Taru knew this to be Onni's recurring analogy for his separate source of power. Only the Keuruu mages and a few higher-ups, that did not include Taru, knew what he was actually talking about.  
-Tuuri told me that whatever Lalli used to fuel your magic wasn't going to be a problem.  
-It will not be. Our cooperation has included actively keeping it as it was for much longer than initially planned. This expedition will be our opportunity to let it pursue its natural evolution. Let the ice melt, so to speak. It may be gone by the time we come back. Lalli will still have the knowledge I acquired, it will help him manage with only his own power. In the meantime, your friend will still be getting Tuuri for free.

Emil came back, asked Lalli something in Swedish and got an enthusiastic answer. Tuuri was back. Emil eventually came back with a couple of meat sandwiches. A few minutes later, Emil went back to the dining car, and came back with another sandwich and what seemed to be a plate with a handful of sandwich meat slices on it. Torbjörn asked him a question while pointing at the plate when he went by their seats. After Emil answered and went back to Lalli, Torbjörn translated the conversation:  
-Apparently, Lalli only ate the meat in his sandwich, so Emil just got him more meat when they turned out to both still be hungry.  
Taru let out a sigh of relief:  
-I heard that Lalli developed a few unusual habits that show up no matter who's in charge. I was afraid the others would be put off by this. Even considering the fact that the others are all strange in their own way.  
No longer being seasick and now with a full stomach, Lalli's body was in shape to carry on with Tuuri's enthusiasm that resulted in asking Emil various questions, that Taru unfortunately couldn't understand.

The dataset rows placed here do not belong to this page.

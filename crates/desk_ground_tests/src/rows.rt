use desk_rows::{
    Grouped, Keyed, Table, place_from_end, place_near, place_of_key, place_of_row, run_of,
};
use desk_testing::{check, expect_eq};
use desk_text::OutOfMemory;
use std::alloc::Global;
use std::cmp::Ordering;
use std::test::Fail;

#[derive(Clone, Copy, Debug, PartialEq, Eq)]
struct Price {
    item: u16,
    cents: u32,
}

impl Keyed for Price {
    type Key = u16;

    ghost key = { λ row. row.item };

    fn compare(&self, sought: &u16) -> Ordering {
        self.item.cmp(sought)
    }

    fn compare_row(&self, other: &Price) -> Ordering {
        self.item.cmp(&other.item)
    }

    fn copied(&self, _alloc: Global) -> Result<Price, OutOfMemory> {
        Ok(*self)
    }
}

impl Grouped for Price {
    type Group = u32;

    ghost group = { λ row. row.cents };

    fn compare_group(&self, sought: &u32) -> Ordering {
        self.cents.cmp(sought)
    }
}

fn cost(item: u16, cents: u32) -> Price {
    Price { item, cents }
}

/// Items 2, 4 and 6, put in out of order.
fn three_prices(alloc: Global) -> Result<Table<Price>, OutOfMemory> {
    let mut table = Table::new(alloc);
    for (item, cents) in [(4, 40), (6, 60), (2, 20)] {
        table.put(cost(item, cents))?;
    }
    Ok(table)
}

/// Fails unless the table has these rows, and says which it has.
fn has(table: &Table<Price>, rows: &[Price]) -> Result<(), Fail> {
    expect_eq(&table.as_slice(), &rows)
}

#[test]
fn rows_stand_in_the_order_of_their_keys(rt: HostRuntime) -> Result<(), Fail> {
    let table = three_prices(rt.alloc())?;
    has(&table, &[cost(2, 20), cost(4, 40), cost(6, 60)])
}

/// The first key at which other cents are found, or some where there are none.
fn first_wrong_get(table: &Table<Price>, keys: &[(u16, Option<u32>)]) -> Option<u16> {
    for (item, cents) in keys {
        if table.get(item).map(|row| row.cents) != *cents {
            return Some(*item);
        }
    }
    None
}

/// Keys, and the cents that are found at each.
const KEYS: [(u16, Option<u32>); 6] = [
    (1, None),
    (2, Some(20)),
    (3, None),
    (4, Some(40)),
    (6, Some(60)),
    (7, None),
];

#[test]
fn a_kept_key_is_found_and_no_other(rt: HostRuntime) -> Result<(), Fail> {
    let table = three_prices(rt.alloc())?;
    expect_eq(&first_wrong_get(&table, &KEYS), &None)
}

/// Fails unless a row goes where another one of its key was.
fn replaces(table: &mut Table<Price>) -> Result<(), Fail> {
    table.put(cost(4, 44))?;
    has(table, &[cost(2, 20), cost(4, 44), cost(6, 60)])
}

#[test]
fn a_put_at_a_kept_key_replaces_the_row(rt: HostRuntime) -> Result<(), Fail> {
    let mut table = three_prices(rt.alloc())?;
    expect_eq(&table.len_with(&cost(4, 44)), &3)?;
    replaces(&mut table)
}

/// Fails unless a row is given once, and not kept.
fn gives_once(table: &mut Table<Price>) -> Result<(), Fail> {
    let given = (table.take(&6), table.take(&6));
    expect_eq(&given, &(Some(cost(6, 60)), None))?;
    has(table, &[cost(2, 20), cost(4, 40)])
}

#[test]
fn a_taken_row_is_given_once(rt: HostRuntime) -> Result<(), Fail> {
    let mut table = three_prices(rt.alloc())?;
    expect_eq(&table.len_with(&cost(3, 30)), &4)?;
    gives_once(&mut table)
}

/// Puts two rows in that are new, of which the second replaces the first, and one that is not.
fn put_more(table: &mut Table<Price>, alloc: Global) -> Result<(), OutOfMemory> {
    let more = [cost(5, 50), cost(2, 22), cost(5, 55)].to_vec(alloc)?;
    table.put_all(more)
}

#[test]
fn many_rows_go_in_at_once(rt: HostRuntime) -> Result<(), Fail> {
    let mut table = three_prices(rt.alloc())?;
    put_more(&mut table, rt.alloc())?;
    has(
        &table,
        &[cost(2, 22), cost(4, 40), cost(5, 55), cost(6, 60)],
    )
}

/// Fails unless a copy of the table has the same rows.
fn is_copied(table: &Table<Price>, alloc: Global) -> Result<(), Fail> {
    let copy = table.copied(alloc)?;
    has(&copy, table.as_slice())
}

#[test]
fn a_copy_has_the_same_rows(rt: HostRuntime) -> Result<(), Fail> {
    let table = three_prices(rt.alloc())?;
    is_copied(&table, rt.alloc())
}

/// Puts items 0 to 1,999 in one by one, and then items 2,000 to 3,999 at once.
fn put_thousands(table: &mut Table<Price>, alloc: Global) -> Result<(), OutOfMemory> {
    let mut more = Vec::new(alloc);
    for item in 0..2_000 {
        table.put(cost(item, 10))?;
        more.push(cost(2_000 + item, 20))?;
    }
    table.put_all(more)
}

/// Fails unless the table has so many rows, and this one among them.
fn has_among(table: &Table<Price>, len: usize, row: Price) -> Result<(), Fail> {
    let found = (table.as_slice().len(), table.get(&row.item));
    expect_eq(&found, &(len, Some(&row)))
}

/// Fails unless a copy of the table has the thousands of rows.
fn are_copied(table: &Table<Price>, alloc: Global) -> Result<(), Fail> {
    let copy = table.copied(alloc)?;
    has_among(&copy, 4_000, cost(1_999, 10))?;
    has_among(&copy, 4_000, cost(3_999, 20))
}

#[test]
fn thousands_of_rows_go_in_and_are_copied(rt: HostRuntime) -> Result<(), Fail> {
    let mut table = Table::new(rt.alloc());
    put_thousands(&mut table, rt.alloc())?;
    are_copied(&table, rt.alloc())
}

/// Fails unless a table has no row behind no rows that go in, and a copy of it has none.
fn stays_empty(table: &mut Table<Price>, alloc: Global) -> Result<(), Fail> {
    table.put_all(Vec::new(alloc))?;
    let copy = table.copied(alloc)?;
    has(&copy, &[])
}

/// Fails unless a row that is put into an empty table is given back, and not kept.
fn gives_back(table: &mut Table<Price>) -> Result<(), Fail> {
    table.put(cost(4, 40))?;
    expect_eq(&table.take(&4), &Some(cost(4, 40)))?;
    let is_empty = table.get(&4).is_none() && table.as_slice().is_empty();
    check(is_empty, "a row that was given is kept")
}

#[test]
fn an_empty_table_takes_a_row_and_gives_it_back(rt: HostRuntime) -> Result<(), Fail> {
    let mut table = Table::new(rt.alloc());
    let answers = (table.take(&4), table.len_with(&cost(4, 40)));
    expect_eq(&answers, &(None, 1))?;
    stays_empty(&mut table, rt.alloc())?;
    gives_back(&mut table)
}

/// Whether the key is found here wherever it is looked for first.
fn is_found_from_each(table: &Table<Price>, item: &u16, place: Result<usize, usize>) -> bool {
    let rows = table.as_slice();
    place_from_end(rows, item) == place
        && place_near(rows, item, 0) == place
        && place_near(rows, item, 2) == place
        && place_near(rows, item, 9) == place
}

/// The first key that is sought, or whose row is, at another place than this.
fn first_wrong_place(table: &Table<Price>, keys: &[(u16, Result<usize, usize>)]) -> Option<u16> {
    let rows = table.as_slice();
    for (item, place) in keys {
        let of_row = place_of_row(rows, &cost(*item, 1));
        let is_found = is_found_from_each(table, item, *place);
        if place_of_key(rows, item) != *place || !is_found || of_row != *place {
            return Some(*item);
        }
    }
    None
}

/// Keys, and the place where each stands or would go.
const PLACES: [(u16, Result<usize, usize>); 5] = [
    (1, Err(0)),
    (2, Ok(0)),
    (3, Err(1)),
    (6, Ok(2)),
    (7, Err(3)),
];

#[test]
fn a_search_tells_where_a_row_stands_or_would_go(rt: HostRuntime) -> Result<(), Fail> {
    let table = three_prices(rt.alloc())?;
    expect_eq(&first_wrong_place(&table, &PLACES), &None)
}

/// Two items of 10 cents, one of 20, eleven of 30, eight of 40 and nine of 50.
fn items_by_price(alloc: Global) -> Result<Table<Price>, OutOfMemory> {
    let mut table = Table::new(alloc);
    for (cents, first, end) in [
        (10, 0, 2),
        (20, 2, 3),
        (30, 3, 14),
        (40, 14, 22),
        (50, 22, 31),
    ] {
        for item in first..end {
            table.put(cost(item, cents))?;
        }
    }
    Ok(table)
}

/// The first price whose items don't begin with this one, or aren't so many.
fn first_wrong_run(table: &Table<Price>, runs: &[(u32, Option<u16>, usize)]) -> Option<u32> {
    for (cents, first, len) in runs {
        let run = run_of(table.as_slice(), cents);
        if run.first().map(|row| row.item) != *first || run.len() != *len {
            return Some(*cents);
        }
    }
    None
}

/// Prices, the first item of each, and how many items it has.
const RUNS: [(u32, Option<u16>, usize); 8] = [
    (5, None, 0),
    (10, Some(0), 2),
    (20, Some(2), 1),
    (30, Some(3), 11),
    (35, None, 0),
    (40, Some(14), 8),
    (50, Some(22), 9),
    (60, None, 0),
];

#[test]
fn the_rows_of_a_group_are_found_whether_few_or_many(rt: HostRuntime) -> Result<(), Fail> {
    let table = items_by_price(rt.alloc())?;
    expect_eq(&first_wrong_run(&table, &RUNS), &None)
}

/// Puts item 5 into a room that is made for it, and items 1 and 4 into one for two.
fn put_into_rooms(table: &mut Table<Price>, alloc: Global) -> Result<(), OutOfMemory> {
    let room = table.room_for(alloc, 1)?;
    table.put_ready(cost(5, 50), room);
    let more = [cost(1, 10), cost(4, 44)].to_vec(alloc)?;
    let room = table.room_for(alloc, 2)?;
    table.put_all_ready(more, room);
    Ok(())
}

/// Fails unless the table has the rows that were put into rooms beside those that it had.
fn has_those_of_rooms(table: &Table<Price>) -> Result<(), Fail> {
    let rows = [
        cost(1, 10),
        cost(2, 20),
        cost(4, 44),
        cost(5, 50),
        cost(6, 60),
    ];
    has(table, &rows)
}

#[test]
fn rows_go_into_the_room_that_was_made_for_them(rt: HostRuntime) -> Result<(), Fail> {
    let mut table = three_prices(rt.alloc())?;
    put_into_rooms(&mut table, rt.alloc())?;
    has_those_of_rooms(&table)
}

/// Puts nothing into a room that is made for nothing.
fn put_nothing(table: &mut Table<Price>, alloc: Global) -> Result<(), OutOfMemory> {
    let room = table.room_for(alloc, 0)?;
    table.put_all_ready(Vec::new(alloc), room);
    Ok(())
}

/// Puts a row into a room that is made for it.
fn put_one(table: &mut Table<Price>, alloc: Global, row: Price) -> Result<(), OutOfMemory> {
    let room = table.room_for(alloc, 1)?;
    table.put_ready(row, room);
    Ok(())
}

/// Fails unless an empty table has no row behind nothing that is put in, and one row behind one.
fn takes_nothing_and_one(table: &mut Table<Price>, alloc: Global) -> Result<(), Fail> {
    put_nothing(table, alloc)?;
    has(table, &[])?;
    put_one(table, alloc, cost(4, 40))?;
    has(table, &[cost(4, 40)])
}

#[test]
fn an_empty_table_has_room_made_for_it(rt: HostRuntime) -> Result<(), Fail> {
    let mut table = Table::new(rt.alloc());
    takes_nothing_and_one(&mut table, rt.alloc())
}

/// Puts items 0 to 1,999 in, each into a room that is made for it.
fn put_through_rooms(table: &mut Table<Price>, alloc: Global) -> Result<(), OutOfMemory> {
    for item in 0..2_000 {
        put_one(table, alloc, cost(item, 10))?;
    }
    Ok(())
}

#[test]
fn thousands_of_rows_go_in_through_rooms(rt: HostRuntime) -> Result<(), Fail> {
    let mut table = Table::new(rt.alloc());
    put_through_rooms(&mut table, rt.alloc())?;
    has_among(&table, 2_000, cost(1_999, 10))
}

Just as the train arrived in Mora, Taru remembered the clothing's decontamination process. Onni's hat was going to be considered clothing anyway, but Tuuri's voluntary trigger...  
-Lalli, are you carrying that book on yourself?  
-Yes.  
-You should put it in your luggage. It may fall out of your pocket while your clothes are decontaminated.

Whatever Taru has told him in Finnish prompted Lalli to pull a small leather-bound book out of his inner chest pocket. For some reason, it was kept closed by a thin black piece of leather cord, that had a knot at each tip, most likely intended to keep a couple of blue beads from falling off. The beads were the exact same shade of blue as Lalli's eyes. Emil only saw the item briefly, as Lalli quickly put it in one of his bags.  
-Do you mind if I ask what that is?  
-Just a book to teach children basic Icelandic. I got past that level years ago. But circumstances have made it extremely precious to me.  
Emil knew Lalli had lost many family members by the time he was eight years old, but didn't feel comfortable asking him about that quite yet.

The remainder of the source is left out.